Segmenting eBay item descriptions into coherent sections

  • Authors:
  • Smruthi Mukund;Nitin Indurkhya;Neel Sundaresan

  • Affiliations:
  • CEDAR, SUNY, Buffalo, Amherst, NY;eBay Research Labs, San Jose, CA;eBay Research Labs, San Jose, CA

  • Venue:
  • Proceedings of the 2011 Joint Workshop on Multilingual OCR and Analytics for Noisy Unstructured Text Data
  • Year:
  • 2011

Quantified Score

Hi-index 0.00

Visualization

Abstract

Item descriptions on an online e-Commerce site such as eBay consist of item-specific information along with generic information such as shipping and return policies, requests for feedback, and contact information. Extracting these textual segments from the item descriptions is non-trivial as they contain html markups, advertisements, templates, and navigational elements. Since sellers have considerable editorial freedom in how to describe their items, many of the descriptions lack homogeneity and compactness. Very often, the relevant information has to be extracted from incomplete, ill-formed discourse units adding to the challenge of finding coherent segments.
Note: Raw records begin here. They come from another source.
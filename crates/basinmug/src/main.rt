//! Prints the records of CSV, TSV or another delimited text as a table, as the arguments of the command line request.
#![tactic(auto)]

ghost use Rattle.std.specs.Prelude.{◌≡◌, IfErr, IfOk};
ghost use Rattle.tabled_output.specs.Counts.{empty_writes_of, inner_of};
ghost use Rattle.basinmug.specs.Faults.{of_run, of_writing, write_fault};
ghost use Rattle.basinmug.specs.Kept.{error_of};
ghost use Rattle.basinmug.specs.Widths.{IsWidthFor, columns_in, columns_shown};
ghost use Rattle.basinmug.specs.declared.fault.ProgramFault.TheVariants.{Memory};

mod encoding;
mod fault;
mod input;
mod kept;
mod laws;

use basinmug_head::records_read;
use basinmug_input::InputFault;
use basinmug_run::{ColumnsShown, Options, PrintFault, RunFault, run, with_visible_controls};
use command_line::basinmug::{Plan, ReadWords, WidthAsked, read_words};
use command_line::ending::{Ending, OUTPUT_BUFFER, words_of};
use encoding::encoding_of;
use fault::{ProgramFault, of_writing, unless_closed};
use input::{Reading, input_of};
use kept::Kept;
use program_options::color_list::column_of;
use std::alloc::AllocError;
use std::env::{self, VarError};
use std::io::{BufWriter, IsTerminal, Write};
use std::process::ExitCode;
use tabled_output::{BuildFault, Counted, WriteFault, write_all};

/// The table of a file or of standard input to standard output. Its status is 0; or 1 with one line on standard
/// error; or 2, where the arguments are wrong, with a text on standard error. Where standard error takes nothing,
/// the status alone says.
fn main(rt: HostRuntime) -> ExitCode {
    let ending = answered(&rt);
    let _ = ending.say("basinmug", &mut rt.stderr());
    ending.status()
}

// Does what the arguments request.
fn answered(rt: &HostRuntime) -> Ending<String> {
    let words = match words_of(rt.alloc(), env::args(rt)) {
        Ok(words) => words,
        Err(ending) => return ending,
    };
    match read_words(rt.alloc(), &words) {
        Ok(ReadWords::Run(plan)) => show(rt, plan),
        Ok(ReadWords::Help(text)) => ended(rt, None, tell(rt, &text)),
        Ok(ReadWords::BadWords(text)) => faulty(said_of(rt, &words, &text)),
        Ok(ReadWords::BadValue(text)) => Ending::Faulty(text),
        Err(_) => Ending::Memory,
    }
}

// Reads and prints what is requested.
fn show(rt: &HostRuntime, plan: Plan) -> Ending<String> {
    let file = plan.file;
    let reading = Reading {
        file: file.as_deref(),
        delimiter: plan.delimiter,
        records: records_read(plan.head, plan.options.header),
    };
    let is_terminal = rt.stdout().is_terminal();
    let columns_shown = columns_shown(plan.all_columns, plan.width, is_terminal);
    let options = Options::of(plan.options, columns_shown, plan.tail);
    let outcome = print_file(rt, reading, plan.width, options);
    ended(rt, file.as_deref(), outcome)
}

// Prints the records of a file. Where their table is wider than requested, standard error says so.
fn print_file(
    rt: &HostRuntime,
    reading: Reading<'_>,
    width: WidthAsked,
    options: Options,
) -> Result<(), ProgramFault> {
    let input = input_of(rt, reading)?;
    let mut options = options;
    options.width = columns(rt, width)?;
    let records = &input.bytes[input.found.start..];
    if table(rt, records, input.found.delimiter, &options)? {
        let _ = eprintln!(rt;
            "basinmug: the table is wider than requested: --expanded shows records one below the other"
        );
    }
    Ok(())
}

// Which columns a table has: where the environment says how wide it is, and nobody sees it, all.
fn columns_shown(all: bool, width: WidthAsked, is_terminal: bool) -> ColumnsShown
    ensures { result ≡ columns_shown all width is_terminal }
{
    if all {
        return ColumnsShown::All;
    }
    match width {
        WidthAsked::Environment => {
            if is_terminal {
                ColumnsShown::Fitting
            } else {
                ColumnsShown::All
            }
        }
        WidthAsked::None | WidthAsked::Columns(_) => ColumnsShown::Fitting,
    }
}

// How many columns the table may have.
fn columns(rt: &HostRuntime, width: WidthAsked) -> Result<Option<usize>, ProgramFault>
    ensures width { IfOk result (IsWidthFor width) }
    ensures refused { IfErr result (λ fault. fault ≡ Memory) }
{
    match width {
        WidthAsked::None => Ok(None),
        WidthAsked::Columns(columns) => Ok(Some(columns)),
        WidthAsked::Environment => match env::var(rt, "COLUMNS") {
            Ok(text) => Ok(columns_in(text.as_str())),
            Err(VarError::OutOfMemory) => Err(ProgramFault::Memory),
            Err(_) => Ok(None),
        },
    }
}

// How many columns the text of `COLUMNS` requests.
fn columns_in(text: &str) -> Option<usize>
    ensures { result ≡ columns_in text.now }
{
    match column_of(text) {
        Some(0) | None => None,
        Some(columns) => Some(columns),
    }
}

// Prints the table, and returns whether it is wider than requested; where nobody reads it on, no. Its lines are kept
// in a buffer until they are many, so that a line costs no call of the system.
fn table(
    rt: &HostRuntime,
    bytes: &[u8],
    delimiter: u8,
    options: &Options,
) -> Result<bool, ProgramFault> {
    let output = Counted::new(Kept::new(rt.stdout()));
    let Ok(buffered) = BufWriter::with_capacity(rt.alloc(), OUTPUT_BUFFER, output) else {
        return Err(ProgramFault::Memory);
    };
    let mut writer = Counted::new(buffered);
    let outcome = run(rt.alloc(), bytes, delimiter, options, &mut writer);
    let (mut output, rest) = writer.into_inner().into_parts();
    match outcome {
        Ok(printed) => match write_all(&mut output, &rest) {
            Ok(()) => Ok(printed.wider),
            Err(fault) => {
                unless_closed(unwritten(fault, output))?;
                Ok(false)
            }
        },
        Err(fault) => {
            unless_closed(flushed(fault, bytes, output))?;
            Ok(false)
        }
    }
}

// Why the run over these bytes failed. A buffer says only that writing did: the output says whether it took nothing,
// and the reason of the system.
fn flushed<W: Write + Drop>(fault: RunFault, bytes: &[u8], output: Counted<Kept<W>>) -> ProgramFault
    ensures { result ≡ of_run fault bytes.now (empty_writes_of output) (error_of (inner_of output)) }
{
    match fault {
        RunFault::Input(InputFault::NotText { line, field }) => {
            ProgramFault::NotText(InputFault::NotText { line, field }, encoding_of(bytes))
        }
        RunFault::Print(PrintFault::Table(BuildFault::Write)) => {
            let fault = write_fault(output.empty_writes());
            unwritten(fault, output)
        }
        RunFault::Memory => ProgramFault::Memory,
        other => ProgramFault::Run(other),
    }
}

// Why a write failed of an output that took nothing of so many pieces.
fn write_fault(empty_writes: u64) -> WriteFault
    ensures { result ≡ write_fault empty_writes }
{
    if empty_writes == 0 {
        WriteFault::Write
    } else {
        WriteFault::WriteZero
    }
}

// Why an output did not take a text.
fn unwritten<W: Write + Drop>(fault: WriteFault, output: Counted<Kept<W>>) -> ProgramFault
    ensures { result ≡ of_writing fault (error_of (inner_of output)) }
{
    of_writing(fault, output.into_inner().error())
}

// Prints a text that was requested.
fn tell(rt: &HostRuntime, text: &str) -> Result<(), ProgramFault> {
    let mut writer = Counted::new(Kept::new(rt.stdout()));
    match write_all(&mut writer, text.as_bytes()) {
        Ok(()) => Ok(()),
        Err(fault) => unless_closed(unwritten(fault, writer)),
    }
}

// How the program ends by a call: where it failed, with the reason in one line, and with the name of its input where
// the error is one of it.
fn ended(
    rt: &HostRuntime,
    file: Option<&str>,
    outcome: Result<(), ProgramFault>,
) -> Ending<String> {
    let Err(fault) = outcome else {
        return Ending::Done;
    };
    let line = if fault.is_of_input() {
        let name = file.unwrap_or("standard input");
        format!(in rt.alloc(); "{name}: {fault}")
    } else {
        format!(in rt.alloc(); "{fault}")
    };
    match visible(rt, line) {
        Ok(line) => Ending::Failed(line),
        Err(_) => Ending::Memory,
    }
}

// A line in which names may hold anything: what would move a terminal's cursor is made visible.
fn visible(rt: &HostRuntime, line: Result<String, AllocError>) -> Result<String, AllocError> {
    with_visible_controls(rt.alloc(), line?.as_str())
}

// How the program ends where its arguments are wrong, with this message.
fn faulty(said: Result<String, AllocError>) -> Ending<String> {
    match said {
        Ok(said) => Ending::Faulty(said),
        Err(_) => Ending::Memory,
    }
}

// What is said of arguments that the command does not take. The parser names arguments, so it is said of the
// arguments with visible controls, and nothing in one moves a terminal's cursor. Should the command take these, it is
// the text itself, in one line.
fn said_of(rt: &HostRuntime, words: &[String], text: &str) -> Result<String, AllocError> {
    let mut visible_words = Vec::new(rt.alloc());
    for word in words {
        visible_words.push(with_visible_controls(rt.alloc(), word.as_str())?)?;
    }
    match read_words(rt.alloc(), &visible_words)? {
        ReadWords::BadWords(said) => Ok(said),
        ReadWords::Run(_) | ReadWords::Help(_) | ReadWords::BadValue(_) => in_one_line(rt, text),
    }
}

// A text as one line with its end, whose control characters are made visible.
fn in_one_line(rt: &HostRuntime, text: &str) -> Result<String, AllocError> {
    let mut line = with_visible_controls(rt.alloc(), text)?;
    line.push('\n')?;
    Ok(line)
}
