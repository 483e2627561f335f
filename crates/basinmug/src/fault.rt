//! Why the program ends without its table.
ghost use Rattle.std.specs.Prelude.{◌≡◌, ◌↔◌, IfErr, IfOk, IsTrue};
ghost use Rattle.basinmug.specs.Faults.{IsClosedPipe, of_reading, of_writing};

use crate::encoding::Encoding;
use basinmug_input::InputFault;
use basinmug_run::RunFault;
use std::alloc::AllocError;
use std::io::ErrorKind;
use std::{fmt, io};
use tabled_output::{ReadFault, WriteFault};

/// Why the program ends without its table.
#[derive(Debug)]
pub enum ProgramFault {
    /// The file is not there, or can't be opened.
    Open(io::Error),
    /// A read failed, for this reason of the system.
    Reading(io::Error),
    /// Reading failed.
    Read(ReadFault),
    /// The text is no UTF-8, but may have this encoding.
    NotText(InputFault, Encoding),
    /// The text is not readable, its records have no table, or printing failed.
    Run(RunFault),
    /// A write failed, for this reason of the system.
    Writing(io::Error),
    /// Writing a text failed.
    Write(WriteFault),
    /// Allocation failed.
    Memory,
}

impl Drop for ProgramFault {
    fn drop(self) {
        match self {
            ProgramFault::Run(fault) => drop(fault),
            ProgramFault::Memory
            | ProgramFault::Open(_)
            | ProgramFault::Reading(_)
            | ProgramFault::Read(_)
            | ProgramFault::NotText(_, _)
            | ProgramFault::Writing(_)
            | ProgramFault::Write(_) => {}
        }
    }
}

impl ProgramFault {
    ghost use Rattle.basinmug.specs.Faults.{is_of_input};

    /// Whether it is an error of the input, whose name is then reported.
    pub fn is_of_input(&self) -> bool
        ensures { result ≡ is_of_input self.now }
    {
        matches!(
            self,
            ProgramFault::Open(_)
                | ProgramFault::Reading(_)
                | ProgramFault::Read(ReadFault::Read | ReadFault::TooLong)
                | ProgramFault::NotText(_, _)
                | ProgramFault::Run(RunFault::Input(_))
        )
    }

    /// Whether nobody reads on what is written.
    pub fn is_closed_pipe(&self) -> bool
        ensures { IsTrue result ↔ IsClosedPipe self.now }
    {
        match self {
            ProgramFault::Writing(error) => matches!(error.kind(), ErrorKind::BrokenPipe),
            _ => false,
        }
    }
}

/// Why an input was not read, with the reason of the system where it gave one. A lack of memory keeps its name.
pub fn of_reading(fault: ReadFault, error: Option<io::Error>) -> ProgramFault
    ensures { result ≡ of_reading fault error }
{
    match fault {
        ReadFault::Read => match error {
            Some(error) => ProgramFault::Reading(error),
            None => ProgramFault::Read(ReadFault::Read),
        },
        ReadFault::TooLong => ProgramFault::Read(ReadFault::TooLong),
        ReadFault::Memory => ProgramFault::Memory,
    }
}

/// Why a text was not written, with the reason of the system where it gave one.
pub fn of_writing(fault: WriteFault, error: Option<io::Error>) -> ProgramFault
    ensures { result ≡ of_writing fault error }
{
    match fault {
        WriteFault::Write => match error {
            Some(error) => ProgramFault::Writing(error),
            None => ProgramFault::Write(WriteFault::Write),
        },
        WriteFault::WriteZero => ProgramFault::Write(WriteFault::WriteZero),
    }
}

/// An error but for a pipe that is closed: who reads no further has what he wants.
pub fn unless_closed(fault: ProgramFault) -> Result<(), ProgramFault>
    ensures closed { IfOk result (λ _. IsClosedPipe fault) }
    ensures told { IfErr result (λ told. (told ≡ fault) × ¬ IsClosedPipe fault) }
{
    if fault.is_closed_pipe() {
        Ok(())
    } else {
        Err(fault)
    }
}

/// The reason, without the name of a file; what an error of the system prints is the library's own. Names are in it as
/// they are; `with_visible_controls` makes it one line.
impl fmt::Display for ProgramFault {
    ghost use Rattle.basinmug.specs.Faults.{program_fault_text};

    ghost output = { program_fault_text };

    fn fmt<W: fmt::Write>(&self, f: &mut fmt::Formatter<W>) -> fmt::Result {
        match self {
            ProgramFault::Open(error) => write!(f, "{error}"),
            ProgramFault::Reading(error) => write!(f, "{error}"),
            ProgramFault::Read(fault) => write!(f, "{fault}"),
            ProgramFault::NotText(fault, encoding) => write!(f, "{fault} ({encoding})"),
            ProgramFault::Run(fault) => write!(f, "{fault}"),
            ProgramFault::Writing(error) => write!(f, "{error}"),
            ProgramFault::Write(fault) => write!(f, "{fault}"),
            ProgramFault::Memory => write!(f, "out of memory"),
        }
    }
}

impl From<AllocError> for ProgramFault {
    ghost use Rattle.basinmug.specs.declared.fault.ProgramFault.TheVariants.{Memory};

    ghost from_gives = { λ _ fault. fault ≡ Memory };

    fn from(_error: AllocError) -> ProgramFault {
        ProgramFault::Memory
    }
}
In this paper we describe an approach that identifies item-specific text segments from eBay descriptions. This approach uses a bootstrapping technique to learn high-quality semantic lexicons for item-agnostic text segments. We first extract useful text by removing html markups using a boiler-plate removal technique that preserves markup information and captures visual segmentation. Each segment is further processed to extract discourse units that play the same role as sentences. This is followed by a clustering technique that identifies thematic breaks to extract coherent segments. We evaluate our approach on a diverse set of descriptions and show that our approach outperforms a commonly-used approach that relies only on the title keywords.